JAKARTA, Indonesia — Lembaga Bantuan Hukum (LBH) Jakarta mengecam tindakan represif aparat gabungan TNI dan Polri dalam pembubaran kegiatan damai “Doa Pemulihan Bangsa Papua” di Timika, Papua, yang berujung pada pengenaan pasal makar pada salah satu peserta ibadah.
“Kami mengecam penggunaan pasal makar tersebut karena lagi-lagi pasal tersebut digunakan untuk memberangus kebebasan berekspresi dan berpendapat di Papua,"kata pengacara publik LBH Jakarta, Veronica Koman, pada Sabtu, 9 April.
"Belum selesai PR (pekerjaan rumah) Jokowi soal tapol di Papua, kini malah jumlahnya mau ditambah lagi," ujar Veronica.
Berdasar informasi yang berhasil dikumpulkan baik dari media maupun saksi yang berada di lapangan, pada 5 April 2016 pagi, Komite Nasional Papua Barat (KNPB) wilayah Timika mengadakan kegiatan doa bersama di halaman Gereja GKII Golgota di Timika.
Ketika kegiatan berlangsung, aparat gabungan membubarkan kegiatan dengan mengeluarkan tembakan ke atas dan menyerang kerumunan massa.
Aparat gabungan dilaporkan memukul, menendang, menghantam, dengan poporsenjata pada puluhan peserta kegiatan. Ada pula satu anggota TNI yang menelanjangi anggota KNPB yang berinisial IT.
Dua anggota KNPB berinisial AD dan AE juga terluka parah sehingga harus dilarikan ke rumah sakit. Sejumlah spanduk, pakaian, dan noken pun disita oleh polisi.

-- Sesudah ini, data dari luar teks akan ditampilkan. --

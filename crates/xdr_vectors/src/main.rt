// Runs XDR vectors through the readers and writers. A line of output says what was read and the place after it, or
// 'fault' and its place. The expected output is worked out by hand from RFC 4506, whose section 7 has the file.
#![tactic(auto)]

ghost use Rattle.std.specs.Prelude.{◌≤◌, length};

use std::io::Write;
use std::{fmt, io};
use xdr::{Reader, Span, Writer};

// Bytes in hexadecimal.
#[derive(Clone, Copy)]
struct Hex<'a>(&'a [u8]);

impl fmt::Display for Hex<'_> {
    fn fmt<W: fmt::Write>(&self, f: &mut fmt::Formatter<W>) -> fmt::Result {
        for b in self.0 {
            write!(f, "{b:02x}")?;
        }
        Ok(())
    }
}

// A number, read up to `at`.
fn show_number<W: Write>(to: &mut W, number: Option<u64>, at: usize) -> io::Result<()> {
    match number {
        Some(n) => writeln!(to, "{n} next {at}"),
        None => writeln!(to, "fault {at}"),
    }
}

// A part of the reader's bytes, which it has read.
fn show_part<W: Write>(to: &mut W, part: Option<Span>, r: Reader<'_>) -> io::Result<()> {
    match part {
        Some(d) => writeln!(to, "0x{} next {}", Hex(xdr::part(r.bytes, d)), r.at),
        None => writeln!(to, "fault {}", r.at),
    }
}

fn show_u32<W: Write>(to: &mut W, bytes: &[u8], at: usize) -> io::Result<()> {
    let mut r = Reader { bytes, at };
    let number = r.u32();
    show_number(to, number.map(u64::from), r.at)
}

fn show_u64<W: Write>(to: &mut W, bytes: &[u8], at: usize) -> io::Result<()> {
    let mut r = Reader { bytes, at };
    let number = r.u64();
    show_number(to, number, r.at)
}

fn show_opaque<W: Write>(to: &mut W, bytes: &[u8], at: usize, limit: u32) -> io::Result<()> {
    let mut r = Reader { bytes, at };
    let part = r.opaque(limit);
    show_part(to, part, r)
}

fn show_array<W: Write>(to: &mut W, bytes: &[u8], at: usize, limit: u32) -> io::Result<()> {
    let mut r = Reader { bytes, at };
    let part = r.array(limit);
    show_part(to, part, r)
}

// The file of RFC 4506, section 7, in its 48 bytes.
#[tactic(auto, using(xdr::proofs::EncodeLaws::lengths, xdr::proofs::EncodeLaws::long_lengths))]
fn put_file(file: &mut [u8; 48]) {
    let mut w = Writer { out: file, at: 0 };
    w.opaque(b"sillyprog");
    w.u32(2);
    w.opaque(b"lisp");
    w.opaque(b"john");
    w.opaque(b"(quit)");
}

// The file read back: name, kind, interpreter, owner, data.
fn show_file<W: Write>(to: &mut W, file: &[u8]) -> io::Result<()> {
    let mut r = Reader::new(file);
    let name = r.opaque(255);
    show_part(to, name, r)?;
    let kind = r.up_to(2);
    show_number(to, kind.map(u64::from), r.at)?;
    for limit in [255, 32, 65535] {
        let part = r.opaque(limit);
        show_part(to, part, r)?;
    }
    Ok(())
}

// The name, cut at every byte.
fn show_cuts<W: Write>(to: &mut W, file: &[u8; 48]) -> io::Result<()> {
    for n in 0..17 {
        show_opaque(to, &file[..n], 0, 255)?;
    }
    Ok(())
}

// Opaque data, at their length as limit and at one less.
#[tactic(auto, using(xdr::proofs::EncodeLaws::long_lengths))]
fn show_length<W: Write>(to: &mut W, text: &[u8]) -> io::Result<()>
    requires { length text.now ≤ 4 }
{
    let mut out = [0xff; 16];
    let mut w = Writer {
        out: &mut out,
        at: 2,
    };
    w.opaque(text);
    let shown = Span {
        start: 0,
        len: w.at + 1,
    };
    writeln!(to, "{}", Hex(xdr::part(&out, shown)))?;
    let limit = text.len() as u32;
    show_opaque(to, &out, 2, limit)?;
    if limit == 0 {
        return Ok(());
    }
    show_opaque(to, &out, 2, limit - 1)
}

fn show_lengths<W: Write>(to: &mut W) -> io::Result<()> {
    for n in 0..5 {
        show_length(to, &b"wxyz"[..n])?;
    }
    Ok(())
}

#[tactic(auto, using(xdr::proofs::EncodeLaws::lengths))]
fn show_numbers<W: Write>(to: &mut W) -> io::Result<()> {
    let mut out = [0xff; 24];
    let mut w = Writer {
        out: &mut out,
        at: 0,
    };
    w.u32(4293844428);
    w.u64(72623859790382856);
    w.boolean(true);
    w.boolean(false);
    writeln!(to, "{}", Hex(&out))?;
    show_u32(to, &out, 0)?;
    show_u64(to, &out, 4)?;
    for at in [12, 16, 0] {
        let mut r = Reader { bytes: &out, at };
        let b = r.boolean();
        show_number(to, b.map(u64::from), r.at)?;
    }
    for at in [20, 21] {
        show_u32(to, &out, at)?;
    }
    for at in [17, 24] {
        show_u64(to, &out, at)?;
    }
    show_u32(to, &out, 25)?;
    for (at, n) in [(4, 0), (8, 16), (8, 17), (30, 0)] {
        let mut r = Reader { bytes: &out, at };
        let part = r.fixed(n);
        show_part(to, part, r)?;
    }
    Ok(())
}

// Damaged pads, and a pad that is cut behind a damaged byte.
fn show_pads<W: Write>(to: &mut W) -> io::Result<()> {
    show_opaque(to, b"\x00\x00\x00\x01a\x01\x00\x00", 0, 1)?;
    show_opaque(to, b"\x00\x00\x00\x01a\x00\x00\x01", 0, 1)?;
    show_opaque(to, b"\x00\x00\x00\x01a\x00\x01", 0, 1)?;
    show_opaque(to, b"\x00\x00\x00\x01a\x00\x00", 0, 1)
}

// An array of three numbers at its length, at a shorter limit and cut in its length and in its last number; and one of none.
#[tactic(auto, using(xdr::proofs::EncodeLaws::long_lengths))]
fn show_arrays<W: Write>(to: &mut W) -> io::Result<()> {
    let mut out = [0xff; 20];
    let mut w = Writer {
        out: &mut out,
        at: 0,
    };
    w.array(&[17, 8192, 24576]);
    w.array(&[]);
    writeln!(to, "{}", Hex(&out))?;
    for (at, limit) in [(0, 3), (0, 2), (16, 0)] {
        show_array(to, &out, at, limit)?;
    }
    show_array(to, &out[..3], 0, 3)?;
    show_array(to, &out[..15], 0, 3)
}

fn main(rt: HostRuntime) -> io::Result<()> {
    let to = &mut rt.stdout();
    let mut file = [0; 48];
    put_file(&mut file);
    writeln!(to, "{}", Hex(&file))?;
    show_file(to, &file)?;
    show_cuts(to, &file)?;
    show_lengths(to)?;
    show_numbers(to)?;
    show_pads(to)?;
    show_arrays(to)
}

Penyerangan oleh aparat keamanan tersebut berujung pada ditangkapnya 15 anggota KNPB. Sebanyak 13 orang kemudian dibebaskan pada keesokan harinya dengan status wajib lapor hingga waktu yang belum ditentukan.
Dua lainnya, yakni Steven Itlay dan Yus Wenda, masih ditahan di Polres Mimika hingga saat ini. Steven dikenakan pasal 106 KUHP, yakni pasal makar.
Filep Karma, mantan tahanan politik Papua yang baru saja dibebaskan setelah divonis 15 tahun penjara, menuding ada faktor kesengajaan dari pihak aparat untuk merampas kebebasan berekspresi aktivis di Papua.
“Ini cara-cara zaman feodal Belanda untuk membungkam para pejuang kemerdekaan Indonesia. Aneh bin ajaib, di zaman Indonesia modern yang demokrasi begini masih digunakan cara represif abad 18,” kata Filep.
Ia melanjutkan, “Apa kalau penggunaan cara-cara represif dan pasal makar masih digunakan, membuktikan bahwa NKRI tidak bisa dipercaya? Hal ini akan mendorong semakin banyak yang simpati dengan penderitaan dan perjuangan orang Papua".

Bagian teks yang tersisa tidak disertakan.